>
> >>Say I have a set of data that is the price of a home.
> >>
> >>100,000
> >>125,000
> >>92,000
> >>175,000
> >>135,000
> >>10,000
> >>500,000
> >>
> >>Well, I know that the 10,000 fiqure is really just for a lot. So when
> figuring trends, I need to throw it out. I also know that the 500,000
> fiqure is also way off, so it too needs to be thrown out.
> >>
> >>If each of these numbers were in a field in a dbf(one per record) How
> could I programmatically throw out numbers that were way off? I have tried
> diffrent forms of average and standard deviation, but nothing seems quite
> right. I need some high school algebra or statistics lessons I think.
> >
No. It depends how you want to look at this. As a programmer, I would
say that the specs are not complete and let the client sort this out.

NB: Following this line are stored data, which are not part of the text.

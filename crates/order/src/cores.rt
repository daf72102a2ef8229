// The order of elimination where the permutation is known to be good: two passes move the late blocks behind the others, with no
// sorting; the new number of each old one; the dimension of each new block.
ghost use Rattle.std.specs.Prelude.{◌≡◌, ℕ, ◌+◌, ◌<◌, ◌≤◌, Bool, true, false, T, length, slice_index};
ghost use Rattle.std.proofs.lemmas.List.Edits.{sets};
ghost use Rattle.graph.specs.Sets.{elem};
ghost use Rattle.graph.specs.Order.{Permutes, moved};
ghost use Rattle.order.specs.Order.{group, Inverse, sizes_of};

// The blocks of one group, the flagged or the others, in the order of perm, from place `at` on. Returns the place behind the last.
fn keep(perm: &[u32], late: &[u32], flagged: bool, order: &mut [u32], at: usize) -> usize
    requires by_index { (block : ℕ) → T (elem block perm.now) → block < length late.now }
    requires perm_in_bounds { at + length (group flagged late.now perm.now) ≤ length order.old }
    ensures value { result ≡ at + length (group flagged late.now perm.now) }
    ensures order_after { order.new ≡ sets order.old at (group flagged late.now perm.now) }
{
    // Kept: `place` goes on where a block is of the group, which no range counts, and a filtered list has no place in a list that is lent.
    let mut place = at;
    for &block in perm {
        let is_late = late[block as usize] != 0;
        if is_late == flagged {
            order[place] = block;
            place += 1;
        }
    }
    place
}

// The permutation with the flagged blocks moved behind the others, each group in the order of perm.
pub fn move_late(perm: &[u32], late: &[u32], order: &mut [u32])
    requires { Permutes (length order.old) perm.now × (length late.now ≡ length order.old) }
    ensures { order.new ≡ moved perm.now late.now }
{
    let at = keep(perm, late, false, order, 0);
    keep(perm, late, true, order, at);
}

// The new number of each old one.
pub fn invert(order: &[u32], inverse: &mut [u32])
    requires { Permutes (length inverse.old) order.now × (length inverse.old ≤ 4096) }
    ensures { Inverse (length inverse.old) order.now inverse.new }
{
    for (k, &old) in order.iter().enumerate() {
        inverse[old as usize] = k as u32;
    }
}

// In place, each old number becomes the dimension of its block.
pub fn sizes(dims: &[u32], order: &mut [u32])
    requires { (k : ℕ) → k < length order.old → slice_index order.old k < length dims.now }
    ensures { order.new ≡ sizes_of dims.now order.old }
{
    for old in order.iter_mut() {
        *old = dims[*old as usize];
    }
}
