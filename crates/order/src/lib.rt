// The order of elimination: the move of the late blocks, the inverse of an order, and the dimensions of the blocks under it.
#![tactic(auto)]

pub mod cores;
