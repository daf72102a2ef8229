// The steps of the decomposition of a block where the lengths are known to be right.
// Kept: how long each slice is, as a fact about sizes that the slices of a call share: structs with sizes of their own would need as many facts, that these agree.
ghost use Rattle.std.specs.Prelude.{◌≡◌, ◌*◌, ◌<◌, ◌≤◌, length};
ghost use Rattle.dense_rows.specs.Row.{reduced_entry, divided_by, divided_row, pivot_of, stored, clear_upper};

use scalar::at_most;
use scalar::cores::{entry, store};

// The entries of row j left of the diagonal become those of L. The result is the row's pivot: the entry (j, j), less
// (d(k) * L(j, k)) * L(j, k) for each k below j in turn. It loses each as the entry is made, so that its differences, each
// of which waits for the one before, run beside those of the entries.
pub fn divide_row(n: usize, j: usize, tolerance: f64, a: &mut [f64], d: &[f64]) -> f64
    requires j_lt_n { j < n }
    requires a_len { length a.old ≡ n * n }
    requires d_len { length d.now ≡ n }
    ensures a_after { a.new ≡ divided_row n j tolerance d.now a.old }
    ensures value { result ≡ pivot_of n j a.new d.now }
{
    let mut x = entry(&a[..], n, n, j, j);
    for k in 0..j {
        let s = reduced(n, j, k, &a[..], d);
        let l = divided(tolerance, d[k], s);
        store(a, n, n, j, k, l);
        x = x - d[k] * l * l;
    }
    x
}

// The entry (j, k), less (L(j, p) * d(p)) * L(k, p) for each p below k in turn.
fn reduced(n: usize, j: usize, k: usize, a: &[f64], d: &[f64]) -> f64
    requires k_le_j { (k ≤ j) × (j < n) }
    requires a_len { length a.now ≡ n * n }
    requires d_len { length d.now ≡ n }
    ensures { result ≡ reduced_entry n j k a.now d.now }
{
    let mut s = entry(a, n, n, j, k);
    for p in 0..k {
        s = s - entry(a, n, n, j, p) * d[p] * entry(a, n, n, k, p);
    }
    s
}

// s / d, and 0.0 where |d| is at most the tolerance.
fn divided(tolerance: f64, d: f64, s: f64) -> f64
    ensures { result ≡ divided_by tolerance d s }
{
    if at_most(d, tolerance) { 0.0 } else { s / d }
}

// The pivot as it is stored: 0.0 where |x| is at most the tolerance.
pub fn kept_of(tolerance: f64, x: f64) -> f64
    ensures { result ≡ stored tolerance x }
{
    if at_most(x, tolerance) { 0.0 } else { x }
}

// All above the diagonal becomes 0.0.
pub fn clear_upper(n: usize, a: &mut [f64])
    requires { length a.old ≡ n * n }
    ensures { a.new ≡ clear_upper n a.old }
{
    for r in 0..n {
        let others = n - 1 - r;
        for u in 0..others {
            store(a, n, n, r, r + 1 + u, 0.0);
        }
    }
}
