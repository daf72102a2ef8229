// One row of the dense decomposition, and the clearing above the diagonal.
#![tactic(auto)]

pub mod cores;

As a (honest, Bruce are there? :-)) statistician, you would have to
justify your sample. If it is representative, you should not have to
leave anything out, if it is not, ah then why conclude anything on its
basis. And if you leave anything out, which would be acceptable if you
can justify it, meaning if by doing so, you can better prove the
representability of your data. I doubt it that this could be
programmatically done since by definition, this would be a judgement
call, which until lately cannot be done by a computer :-).
My 2 BEF of wisdom,
Marc
If things have the tendency to go your way, do not worry. It won't last. Jules Renard.